Buka konten ini

BULANG (BP) – Polsek Bulang kembali mengimbau masyarakat, khususnya nelayan dan pelaut yang berlayar agar lebih memperhatikan faktor keselamatan di tengah kondisi cuaca yang belakangan tidak menentu. Langkah ini diambil sebagai upaya antisipasi untuk mengurangi risiko kecelakaan laut.
Kapolsek Bulang, Iptu Adyanto Syofyan, menegaskan pentingnya kewaspadaan dalam setiap aktivitas melaut.
“Keselamatan adalah hal utama. Jangan lanjutkan perjalanan jika boat sudah kelebihan kapasitas penumpang. Ini demi keselamatan bersama,” ujarnya, kemarin.
Ia juga meminta seluruh penumpang maupun tekong boat pancung dan kapal sejenisnya agar selalu menggunakan pelampung atau life jacket. “Periksa kondisi boat terlebih dahulu, termasuk mesin, sebelum berangkat.

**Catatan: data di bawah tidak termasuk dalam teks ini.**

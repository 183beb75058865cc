// Laws of the definitions, each on a function that does nothing.
ghost use Rattle.std.specs.Prelude.{◌≡◌, List, Decides, count_by};
ghost use Rattle.nq_model.specs.Bags.{Matched};
ghost use Rattle.std.specs.declared.cmp.Ordering.TheVariants.{Equal};
ghost use Rattle.std.specs.Cmp.{IsTotalOrder};
ghost use Rattle.nq_model.specs.Canonical.{value_cmp, canonical};
ghost use Rattle.nq_model.specs.Values.{Nested, Elements, bag, bag_of, elements, Same, same};

/// To be the same nested multiset is what counting decides, an equivalence, and a congruence for
/// bags.
pub fn sameness_laws()
    ensures counting_decides { (v w : Nested) → Decides (same v w) (Same v w) }
    ensures reflexive { (v : Nested) → Same v v }
    ensures symmetric { (v w : Nested) → Same v w → Same w v }
    ensures transitive { (u v w : Nested) → Same u v → Same v w → Same u w }
    ensures congruent { (vs ws : List Nested) → Matched Same vs ws → Same (bag_of vs) (bag_of ws) }
    ensures counted { (u : Nested) (vs ws : Elements) → Same (bag vs) (bag ws)
        → count_by (same u) (elements vs) ≡ count_by (same u) (elements ws) }
{}

/// The canonical order is a strict total order, and the canonical form of a value is the same
/// nested multiset, which sameness determines.
pub fn canonical_laws()
    ensures total { IsTotalOrder value_cmp }
    ensures ties { (v w : Nested) → value_cmp v w ≡ Equal → v ≡ w }
    ensures same { (v : Nested) → Same v (canonical v) }
    ensures determined { (v w : Nested) → Same v w → canonical v ≡ canonical w }
    ensures determines { (v w : Nested) → canonical v ≡ canonical w → Same v w }
{}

Jangan sampai ada yang mengabaikan hal ini karena bisa membahayakan nyawa,” tambahnya.
Kapolsek turut mengingatkan agar masyarakat rutin memperbarui informasi cuaca sebelum berlayar. Menurutnya, keputusan untuk tidak memaksakan diri berangkat ketika cuaca ekstrem adalah bentuk tanggung jawab terhadap diri sendiri maupun orang lain.
Selain itu, ia menekankan pentingnya kelengkapan saat berlayar pada malam hari.
“Pastikan lampu penerangan berfungsi dengan baik dan bawa alat komunikasi yang sesuai agar bisa digunakan saat darurat,” tegasnya.
Peringatan ini juga berlaku untuk seluruh masyarakat di wilayah hukum Polsek Bulang.
“Kami berharap masyarakat lebih berhati-hati. Musim pancaroba sering memunculkan cuaca yang berubah-ubah dan sulit diprediksi,” kata Adyanto.
Nurmansyah, warga Pulau Buluh, menilai imbauan tersebut sangat tepat. Menurutnya, nelayan memang sangat bergantung pada kondisi cuaca. “Belakangan ini cuaca cukup mengkhawatirkan. Imbauan seperti ini perlu diperhatikan agar kita semua bisa selamat ketika mencari ikan atau berlayar,” ujarnya.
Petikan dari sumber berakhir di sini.